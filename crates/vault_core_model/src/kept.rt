//! What proofs see of what keeps a vault.
ghost use Rattle.std.specs.Prelude.{ℕ};
ghost use Rattle.vault_core_model.specs.Sound.{Sound};
ghost use Rattle.vault_core_model.specs.Vault.{Vault};

/// What keeps a vault, as clauses and proofs see it.
pub trait Kept {
    /// Its device has returned what was written; memory always has.
    ghost is_honest: { Self → Type 0 };

    /// The vault that it keeps.
    ghost vault: { Self → Vault };

    /// How often its device failed, up to the greatest number.
    ghost count: { Self → ℕ };

    /// Every vault that is kept is sound.
    ghost sound: { (k : Self) → is_honest k → Sound (vault k) };
}
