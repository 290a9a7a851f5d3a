//! What changes read of the vault beside their entry, where it isn't known.
ghost use Rattle.std.specs.Prelude.{◌≡◌, Some, IfOk};
ghost use Rattle.sqlite.specs.Held.{state};
ghost use Rattle.sqlite.specs.State.{HasCleanDisk};
ghost use Rattle.vault_core_model.specs.Reads.{head_of};
ghost use Rattle.vault_core_model.specs.Totals.{IsRowFor};
ghost use Rattle.vault_core_model.specs.Vault.{Vault, config_of};
ghost use Rattle.vault_store_model.specs.Keeping.{Keeps};
ghost use Rattle.vault_store_model.specs.Known.{AreKnown};
ghost use Rattle.vault_store_apply.specs.Known.{IsOpen};
ghost use Rattle.vault_store_reads.specs.Quiet.{OnlyReads, IsOpenIfOk};

use sqlite::{Alter, Connection, Error, ErrorCode};
use vault_base::name::{BucketName, DeptName, ObjectKey};
use vault_core_model::records::{BucketConfig, Head};
use vault_store_model::known::Known;
use vault_store_reads::heads::read_head;
use vault_store_reads::names::{read_bucket, read_totals};
use vault_tally::row::Row;

/// The configuration of a bucket in the tables; an error where there is no such bucket.
fn ask_config<S: Alter>(
    conn: &mut Connection<S>,
    bucket: &BucketName,
) -> Result<BucketConfig, Error>
    ensures value { HasCleanDisk (state S.Store conn.new) → IfOk result (λ config. (v : Vault) → Keeps (state S.Store conn.old) v → Some config ≡ config_of v bucket.now) }
    ensures open { IsOpenIfOk S.Store conn.new result }
    ensures read { OnlyReads S.Store conn.old conn.new }
{
    let found = read_bucket(conn, bucket)?;
    found.ok_or(Error::QueryReturnedNoRows)
}

/// The configuration of a bucket; an error where there is no such bucket.
pub fn read_config<S: Alter>(
    conn: &mut Connection<S>,
    known: &Known,
    bucket: &BucketName,
) -> Result<BucketConfig, Error>
    requires { IsOpen S.Store conn.old }
    ensures value { HasCleanDisk (state S.Store conn.new) → IfOk result (λ config. (v : Vault) → Keeps (state S.Store conn.old) v → AreKnown known.now v → Some config ≡ config_of v bucket.now) }
    ensures open { IsOpenIfOk S.Store conn.new result }
    ensures read { OnlyReads S.Store conn.old conn.new }
{
    match known.config(bucket) {
        Ok(Some(config)) => Ok(config),
        Ok(None) => ask_config(conn, bucket),
        Err(_) => Err(Error::SqliteFailure(ErrorCode::OutOfMemory)),
    }
}

/// The sums of a department; those of one that isn't there are 0.
pub fn read_sums<S: Alter>(
    conn: &mut Connection<S>,
    known: &Known,
    dept: &DeptName,
) -> Result<Row, Error>
    requires { IsOpen S.Store conn.old }
    ensures value { HasCleanDisk (state S.Store conn.new) → IfOk result (λ row. (v : Vault) → Keeps (state S.Store conn.old) v → AreKnown known.now v → IsRowFor v dept.now row) }
    ensures open { IsOpenIfOk S.Store conn.new result }
    ensures read { OnlyReads S.Store conn.old conn.new }
{
    match known.sums(dept) {
        Some(sums) => Ok(sums),
        None => read_totals(conn, dept),
    }
}

/// The configuration of an entry's bucket, the sums of its department, and the head of its key.
#[derive(Drop)]
pub struct EntryContext {
    pub config: BucketConfig,
    pub sums: Row,
    pub head: Option<Head>,
}

/// Reads that; an error where there is no such bucket.
pub fn read_context<S: Alter>(
    conn: &mut Connection<S>,
    known: &Known,
    bucket: &BucketName,
    key: &ObjectKey,
) -> Result<EntryContext, Error>
    requires { IsOpen S.Store conn.old }
    ensures value { HasCleanDisk (state S.Store conn.new) → IfOk result (λ place. (v : Vault) → Keeps (state S.Store conn.old) v → AreKnown known.now v
        → (Some place.config ≡ config_of v bucket.now) × IsRowFor v place.config.dept place.sums × (place.head ≡ head_of v bucket.now key.now)) }
    ensures open { IsOpenIfOk S.Store conn.new result }
    ensures read { OnlyReads S.Store conn.old conn.new }
{
    let config = read_config(conn, known, bucket)?;
    let sums = read_sums(conn, known, &config.dept)?;
    let head = read_head(conn, bucket, key)?;
    Ok(EntryContext { config, sums, head })
}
---------------
> _Problem to work on_: Once you have read the data above, print all of it again exactly.

> _Answer box_:
filename crates/vault_core_model/src/kept.rt
//! What proofs see of what keeps a vault.
ghost use Rattle.std.specs.Prelude.{ℕ};
ghost use Rattle.vault_core_model.specs.Sound.{Sound};
ghost use Rattle.vault_core_model.specs.Vault.{Vault};

/// What keeps a vault, as clauses and proofs see it.
pub trait Kept {
    /// Its device has returned what was written; memory always has.
    ghost is_honest: { Self → Type 0 };

    /// The vault that it keeps.
    ghost vault: { Self → Vault };

    /// How often its device failed, up to the greatest number.
    ghost count: { Self → ℕ };

    /// Every vault that is kept is sound.
    ghost sound: { (k : Self) → is_honest k → Sound (vault k) };
}
repository 290a9a7a851f5d3a
//! What changes read of the vault beside their entry, where it isn't known.
ghost use Rattle.std.specs.Prelude.{◌≡◌, Some, IfOk};
ghost use Rattle.sqlite.specs.Held.{state};
ghost use Rattle.sqlite.specs.State.{HasCleanDisk};
ghost use Rattle.vault_core_model.specs.Reads.{head_of};
ghost use Rattle.vault_core_model.specs.Totals.{IsRowFor};
ghost use Rattle.vault_core_model.specs.Vault.{Vault, config_of};
ghost use Rattle.vault_store_model.specs.Keeping.{Keeps};
ghost use Rattle.vault_store_model.specs.Known.{AreKnown};
ghost use Rattle.vault_store_apply.specs.Known.{IsOpen};
ghost use Rattle.vault_store_reads.specs.Quiet.{OnlyReads, IsOpenIfOk};

use sqlite::{Alter, Connection, Error, ErrorCode};
use vault_base::name::{BucketName, DeptName, ObjectKey};
use vault_core_model::records::{BucketConfig, Head};
use vault_store_model::known::Known;
use vault_store_reads::heads::read_head;
use vault_store_reads::names::{read_bucket, read_totals};
use vault_tally::row::Row;

/// The configuration of a bucket in the tables; an error where there is no such bucket.
fn ask_config<S: Alter>(
    conn: &mut Connection<S>,
    bucket: &BucketName,
) -> Result<BucketConfig, Error>
    ensures value { HasCleanDisk (state S.Store conn.new) → IfOk result (λ config. (v : Vault) → Keeps (state S.Store conn.old) v → Some config ≡ config_of v bucket.now) }
    ensures open { IsOpenIfOk S.Store conn.new result }
    ensures read { OnlyReads S.Store conn.old conn.new }
{
    let found = read_bucket(conn, bucket)?;
    found.ok_or(Error::QueryReturnedNoRows)
}

/// The configuration of a bucket; an error where there is no such bucket.
pub fn read_config<S: Alter>(
    conn: &mut Connection<S>,
    known: &Known,
    bucket: &BucketName,
) -> Result<BucketConfig, Error>
    requires { IsOpen S.Store conn.old }
    ensures value { HasCleanDisk (state S.Store conn.new) → IfOk result (λ config. (v : Vault) → Keeps (state S.Store conn.old) v → AreKnown known.now v → Some config ≡ config_of v bucket.now) }
    ensures open { IsOpenIfOk S.Store conn.new result }
    ensures read { OnlyReads S.Store conn.old conn.new }
{
    match known.config(bucket) {
        Ok(Some(config)) => Ok(config),
        Ok(None) => ask_config(conn, bucket),
        Err(_) => Err(Error::SqliteFailure(ErrorCode::OutOfMemory)),
    }
}

/// The sums of a department; those of one that isn't there are 0.
pub fn read_sums<S: Alter>(
    conn: &mut Connection<S>,
    known: &Known,
    dept: &DeptName,
) -> Result<Row, Error>
    requires { IsOpen S.Store conn.old }
    ensures value { HasCleanDisk (state S.Store conn.new) → IfOk result (λ row. (v : Vault) → Keeps (state S.Store conn.old) v → AreKnown known.now v → IsRowFor v dept.now row) }
    ensures open { IsOpenIfOk S.Store conn.new result }
    ensures read { OnlyReads S.Store conn.old conn.new }
{
    match known.sums(dept) {
        Some(sums) => Ok(sums),
        None => read_totals(conn, dept),
    }
}

/// The configuration of an entry's bucket, the sums of its department, and the head of its key.
#[derive(Drop)]
pub struct EntryContext {
    pub config: BucketConfig,
    pub sums: Row,
    pub head: Option<Head>,
}

/// Reads that; an error where there is no such bucket.
pub fn read_context<S: Alter>(
    conn: &mut Connection<S>,
    known: &Known,
    bucket: &BucketName,
    key: &ObjectKey,
) -> Result<EntryContext, Error>
    requires { IsOpen S.Store conn.old }
    ensures value { HasCleanDisk (state S.Store conn.new) → IfOk result (λ place. (v : Vault) → Keeps (state S.Store conn.old) v → AreKnown known.now v
        → (Some place.config ≡ config_of v bucket.now) × IsRowFor v place.config.dept place.sums × (place.head ≡ head_of v bucket.now key.now)) }
    ensures open { IsOpenIfOk S.Store conn.new result }
    ensures read { OnlyReads S.Store conn.old conn.new }
{
    let config = read_config(conn, known, bucket)?;
    let sums = read_sums(conn, known, &config.dept)?;
    let head = read_head(conn, bucket, key)?;
    Ok(EntryContext { config, sums, head })
}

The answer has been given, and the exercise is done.